What happens if my Michigan Qualifying Officer leaves my company? +
When your Qualifying Officer resigns or disassociates from your business, your company's licensed contractor status is immediately at risk. Michigan law requires that a licensed Qualifying Officer be associated with the business at all times for the business to maintain its licensing authority. You must designate a new Qualifying Officer promptly — LARA requires notification of this change. During the period between the old QO leaving and a new QO being designated and approved, your company technically lacks full licensing authority. This has direct implications for your bond and for any work performed during the transition.
Do I need both a Residential Builder license and an RMA license in Michigan if I do both new construction and remodeling? +
Yes — Michigan treats these as separate license classifications with separate exams, separate bond requirements, and separate application processes. If you build new homes and also perform renovation and remodeling work on existing homes, you need both licenses simultaneously, each with its own $10,000 bond. Many Michigan residential contractors hold both. The exams are different — the Residential Builder exam covers new construction knowledge while the RMA exam covers renovation and maintenance work.
Can a Michigan contractor work in Ohio without additional licensing? +
No. Ohio has its own contractor licensing requirements through the OCILB for specialty trades (electrical, HVAC, plumbing each require $25,000 bonds). For general construction work, Ohio is primarily locally licensed — Columbus, Cleveland, and Cincinnati have their own programs. Michigan's LARA licensing does not satisfy Ohio's requirements. Contractors working in the Detroit-Toledo corridor (Michigan-Ohio border area) frequently need both Michigan LARA credentials and relevant Ohio OCILB or local licenses.

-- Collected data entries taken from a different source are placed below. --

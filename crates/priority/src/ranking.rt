//! A ranking: the priorities of one side, in a table that the caller supplies, of any kind.
ghost use Rattle.std.specs.Prelude.{◌≡◌, length, OnErr, OnOk};
ghost use Rattle.refusal.specs.Refusals.{refusal_of, first_refusal};
ghost use Rattle.refusal.specs.Tables.{item, put};
ghost use Rattle.priority.specs.Places.{place_refusals, highest as highest_of};

use crate::Priority;
use crate::places::{highest, priority_at, set_priority};
use refusal::Refusal;

/// A list of priorities in a table that its owner lends. Places are counted from 1.
#[derive(Drop)]
pub struct Ranking<'a, P> {
    table: &'a mut [P],
}

impl<'a, P: Priority + Copy> Ranking<'a, P> {
    /// The ranking of the table's priorities. Its owner sees what a `set` writes.
    pub fn new(table: &'a mut [P]) -> Ranking<'a, P>
        ensures value { result.table.now ≡ table.old }
        ensures lent { result.table.ghost_name ≡ table.entry.ghost_name }
    {
        Ranking { table }
    }

    /// How many priorities there are.
    pub fn len(&self) -> usize
        ensures { result ≡ length self.now.table.now }
    {
        self.table.len()
    }

    /// The priorities in their order.
    pub fn as_slice(&self) -> &[P]
        ensures { result.now ≡ self.now.table.now }
    {
        &*self.table
    }

    /// The priority at the number, or none under 0 and beyond the length.
    pub fn get(&self, number: usize) -> Option<P>
        ensures { result ≡ item self.now.table.now number }
    {
        priority_at(self.table, number).copied()
    }

    /// Sets the priority at the number; refusal 10 under 0 and beyond the length.
    pub fn set(&mut self, number: usize, priority: P) -> Result<(), Refusal>
        ensures answer { refusal_of result ≡ first_refusal (place_refusals (length self.old.table.now) number) }
        ensures kept { OnErr result (self.new.table.now ≡ self.old.table.now) }
        ensures after { OnOk result (self.new.table.now ≡ put self.old.table.now number priority) }
        ensures lent { self.new.table.ghost_name ≡ self.old.table.ghost_name }
    {
        set_priority(self.table, number, priority)
    }

    /// The lowest number among the marked places that are at least as high as every marked place.
    pub fn highest(&self, marks: &[u8]) -> Option<usize>
        ensures { result ≡ highest_of P.Priority.reaches self.now.table.now marks.now }
    {
        highest(self.table, marks)
    }
}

What is the Michigan LARA license verification system and how do clients use it? +
LARA maintains a public license verification portal at michigan.gov/lara where any person can search by contractor name, business name, or license number to verify current status. The search shows: license classification, license number, current status (active/suspended/expired), expiration date, and any disciplinary actions on record. Michigan consumers are increasingly educated about checking this system before hiring — real estate agents, general contractors, and property managers routinely verify subcontractor credentials here. A clean, active LARA record is a practical competitive advantage in Michigan's residential market.
Does Michigan have a contractor recovery fund like Minnesota and Maryland? +
Michigan does not have a state-administered contractor recovery fund equivalent to Minnesota's DLI recovery fund or Maryland's MHIC Guaranty Fund. The primary consumer protection mechanism in Michigan is the bond requirement combined with LARA's complaint investigation and disciplinary process. Consumers who suffer losses from Michigan contractors must pursue remedies through the bond claim process and civil litigation if damages exceed the bond amount. This is one area where Michigan's consumer protection is less comprehensive than some neighboring states.
Disclaimer

This guide is for informational purposes only. Requirements change. Always verify with Michigan Dept. of Licensing and Regulatory Affairs (LARA) before purchasing. ContractorBondInfo is not a bond seller, insurance agent, or legal advisor.